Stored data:
□ □ □

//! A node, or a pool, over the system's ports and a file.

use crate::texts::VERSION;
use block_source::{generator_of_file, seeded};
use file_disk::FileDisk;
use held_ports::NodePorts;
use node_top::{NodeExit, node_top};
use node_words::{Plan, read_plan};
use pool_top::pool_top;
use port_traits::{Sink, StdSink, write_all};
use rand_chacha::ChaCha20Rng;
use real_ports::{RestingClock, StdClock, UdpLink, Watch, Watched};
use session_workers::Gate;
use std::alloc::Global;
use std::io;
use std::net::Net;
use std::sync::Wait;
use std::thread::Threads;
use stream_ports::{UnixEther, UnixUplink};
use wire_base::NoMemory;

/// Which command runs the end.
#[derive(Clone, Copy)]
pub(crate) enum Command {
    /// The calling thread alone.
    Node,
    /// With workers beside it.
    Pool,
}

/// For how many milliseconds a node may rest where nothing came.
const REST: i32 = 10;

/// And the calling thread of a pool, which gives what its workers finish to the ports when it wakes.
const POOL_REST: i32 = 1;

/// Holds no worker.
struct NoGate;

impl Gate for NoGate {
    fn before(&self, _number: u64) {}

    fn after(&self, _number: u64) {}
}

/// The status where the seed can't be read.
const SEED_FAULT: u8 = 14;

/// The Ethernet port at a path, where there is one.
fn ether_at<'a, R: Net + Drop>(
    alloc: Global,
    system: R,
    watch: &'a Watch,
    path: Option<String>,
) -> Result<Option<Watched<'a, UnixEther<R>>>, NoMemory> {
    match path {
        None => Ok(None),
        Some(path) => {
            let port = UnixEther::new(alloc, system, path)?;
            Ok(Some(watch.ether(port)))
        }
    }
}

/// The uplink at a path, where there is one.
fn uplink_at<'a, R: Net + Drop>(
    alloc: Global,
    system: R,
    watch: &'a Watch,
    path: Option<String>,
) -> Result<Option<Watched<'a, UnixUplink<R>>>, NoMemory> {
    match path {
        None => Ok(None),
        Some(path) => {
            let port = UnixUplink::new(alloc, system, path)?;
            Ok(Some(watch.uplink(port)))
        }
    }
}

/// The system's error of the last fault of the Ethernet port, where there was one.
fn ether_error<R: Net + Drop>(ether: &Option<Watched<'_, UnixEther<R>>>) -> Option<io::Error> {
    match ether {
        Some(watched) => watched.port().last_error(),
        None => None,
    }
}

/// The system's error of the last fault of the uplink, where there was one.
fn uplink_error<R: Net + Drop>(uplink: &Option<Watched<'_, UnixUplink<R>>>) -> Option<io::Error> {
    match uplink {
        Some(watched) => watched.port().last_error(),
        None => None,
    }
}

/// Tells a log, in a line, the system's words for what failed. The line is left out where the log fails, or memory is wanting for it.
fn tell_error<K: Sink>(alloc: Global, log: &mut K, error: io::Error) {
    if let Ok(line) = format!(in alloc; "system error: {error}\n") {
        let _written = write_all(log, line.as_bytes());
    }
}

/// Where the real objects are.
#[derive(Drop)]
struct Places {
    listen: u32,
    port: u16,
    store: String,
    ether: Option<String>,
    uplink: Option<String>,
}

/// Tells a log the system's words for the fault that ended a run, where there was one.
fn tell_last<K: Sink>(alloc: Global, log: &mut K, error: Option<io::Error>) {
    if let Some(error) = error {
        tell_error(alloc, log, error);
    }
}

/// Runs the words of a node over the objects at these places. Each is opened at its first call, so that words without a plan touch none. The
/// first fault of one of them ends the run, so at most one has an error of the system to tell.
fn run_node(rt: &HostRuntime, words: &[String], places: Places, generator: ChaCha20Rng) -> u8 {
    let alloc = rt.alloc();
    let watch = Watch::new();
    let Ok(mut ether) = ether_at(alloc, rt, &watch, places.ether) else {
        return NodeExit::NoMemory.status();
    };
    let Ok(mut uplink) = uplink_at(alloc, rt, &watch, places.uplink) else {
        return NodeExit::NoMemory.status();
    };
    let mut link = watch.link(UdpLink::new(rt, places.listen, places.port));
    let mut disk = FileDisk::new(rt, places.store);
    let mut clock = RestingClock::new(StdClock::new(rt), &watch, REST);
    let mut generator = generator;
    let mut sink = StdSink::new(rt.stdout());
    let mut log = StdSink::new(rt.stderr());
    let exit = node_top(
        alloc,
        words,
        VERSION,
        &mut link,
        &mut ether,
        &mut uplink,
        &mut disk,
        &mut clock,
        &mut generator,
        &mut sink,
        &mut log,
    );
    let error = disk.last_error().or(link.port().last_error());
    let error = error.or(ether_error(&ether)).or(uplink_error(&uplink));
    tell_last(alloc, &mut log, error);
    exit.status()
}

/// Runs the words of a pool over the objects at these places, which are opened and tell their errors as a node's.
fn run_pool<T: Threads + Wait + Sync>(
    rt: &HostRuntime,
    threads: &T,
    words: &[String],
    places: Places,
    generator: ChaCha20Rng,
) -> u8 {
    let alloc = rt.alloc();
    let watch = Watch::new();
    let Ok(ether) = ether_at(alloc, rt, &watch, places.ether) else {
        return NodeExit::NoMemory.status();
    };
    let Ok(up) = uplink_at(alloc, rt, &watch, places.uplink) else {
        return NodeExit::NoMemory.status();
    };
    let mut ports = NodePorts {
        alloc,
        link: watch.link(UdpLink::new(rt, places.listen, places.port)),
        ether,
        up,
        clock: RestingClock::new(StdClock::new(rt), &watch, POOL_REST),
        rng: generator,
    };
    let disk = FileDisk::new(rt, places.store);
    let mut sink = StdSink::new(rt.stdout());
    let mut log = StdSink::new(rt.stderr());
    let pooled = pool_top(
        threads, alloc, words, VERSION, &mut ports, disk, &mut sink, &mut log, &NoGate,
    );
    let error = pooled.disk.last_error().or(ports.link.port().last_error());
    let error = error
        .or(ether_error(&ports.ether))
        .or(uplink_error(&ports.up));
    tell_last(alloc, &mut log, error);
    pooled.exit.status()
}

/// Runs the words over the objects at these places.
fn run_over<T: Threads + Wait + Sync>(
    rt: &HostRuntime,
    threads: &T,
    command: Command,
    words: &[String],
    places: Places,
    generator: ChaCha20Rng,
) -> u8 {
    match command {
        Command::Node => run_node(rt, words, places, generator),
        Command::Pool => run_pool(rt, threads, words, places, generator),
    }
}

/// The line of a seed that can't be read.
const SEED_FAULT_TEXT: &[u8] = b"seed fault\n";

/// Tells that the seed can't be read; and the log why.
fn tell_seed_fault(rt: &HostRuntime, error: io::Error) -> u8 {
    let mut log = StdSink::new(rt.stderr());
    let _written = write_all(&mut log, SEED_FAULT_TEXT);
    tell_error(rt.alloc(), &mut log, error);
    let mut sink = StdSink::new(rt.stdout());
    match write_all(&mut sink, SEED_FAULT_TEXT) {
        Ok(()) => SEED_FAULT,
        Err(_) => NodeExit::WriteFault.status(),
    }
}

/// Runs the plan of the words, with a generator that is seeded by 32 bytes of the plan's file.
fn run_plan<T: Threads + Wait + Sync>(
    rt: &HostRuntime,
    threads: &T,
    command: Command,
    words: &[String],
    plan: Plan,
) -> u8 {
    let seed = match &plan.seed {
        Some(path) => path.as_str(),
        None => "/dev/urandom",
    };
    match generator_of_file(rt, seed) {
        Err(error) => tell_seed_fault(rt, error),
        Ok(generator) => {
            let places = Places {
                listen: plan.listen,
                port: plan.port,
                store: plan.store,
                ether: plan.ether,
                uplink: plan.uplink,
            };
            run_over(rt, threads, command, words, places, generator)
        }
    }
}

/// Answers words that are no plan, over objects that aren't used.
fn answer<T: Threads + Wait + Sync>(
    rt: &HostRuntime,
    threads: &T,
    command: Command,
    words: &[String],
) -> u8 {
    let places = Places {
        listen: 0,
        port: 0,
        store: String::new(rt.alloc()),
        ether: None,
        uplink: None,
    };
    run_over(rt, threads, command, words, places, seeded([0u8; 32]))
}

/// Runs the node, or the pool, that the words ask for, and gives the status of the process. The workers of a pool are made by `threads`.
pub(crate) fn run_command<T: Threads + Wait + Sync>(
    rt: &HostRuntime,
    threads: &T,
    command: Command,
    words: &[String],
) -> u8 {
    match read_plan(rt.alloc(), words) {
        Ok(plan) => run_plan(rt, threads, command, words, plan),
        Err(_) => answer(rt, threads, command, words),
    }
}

□ □ □

WHAT YOU ARE ASKED TO DO: Write down again, exactly as given, only the lines above that fall from the line with "tell_error(rt.alloc(), &mut log, error);" to the line with "run_over(rt, threads, command, words, places, generator)", inclusive.

ANSWER TO THE PROBLEM:
    tell_error(rt.alloc(), &mut log, error);
    let mut sink = StdSink::new(rt.stdout());
    match write_all(&mut sink, SEED_FAULT_TEXT) {
        Ok(()) => SEED_FAULT,
        Err(_) => NodeExit::WriteFault.status(),
    }
}

/// Runs the plan of the words, with a generator that is seeded by 32 bytes of the plan's file.
fn run_plan<T: Threads + Wait + Sync>(
    rt: &HostRuntime,
    threads: &T,
    command: Command,
    words: &[String],
    plan: Plan,
) -> u8 {
    let seed = match &plan.seed {
        Some(path) => path.as_str(),
        None => "/dev/urandom",
    };
    match generator_of_file(rt, seed) {
        Err(error) => tell_seed_fault(rt, error),
        Ok(generator) => {
            let places = Places {
                listen: plan.listen,
                port: plan.port,
                store: plan.store,
                ether: plan.ether,
                uplink: plan.uplink,
            };
            run_over(rt, threads, command, words, places, generator)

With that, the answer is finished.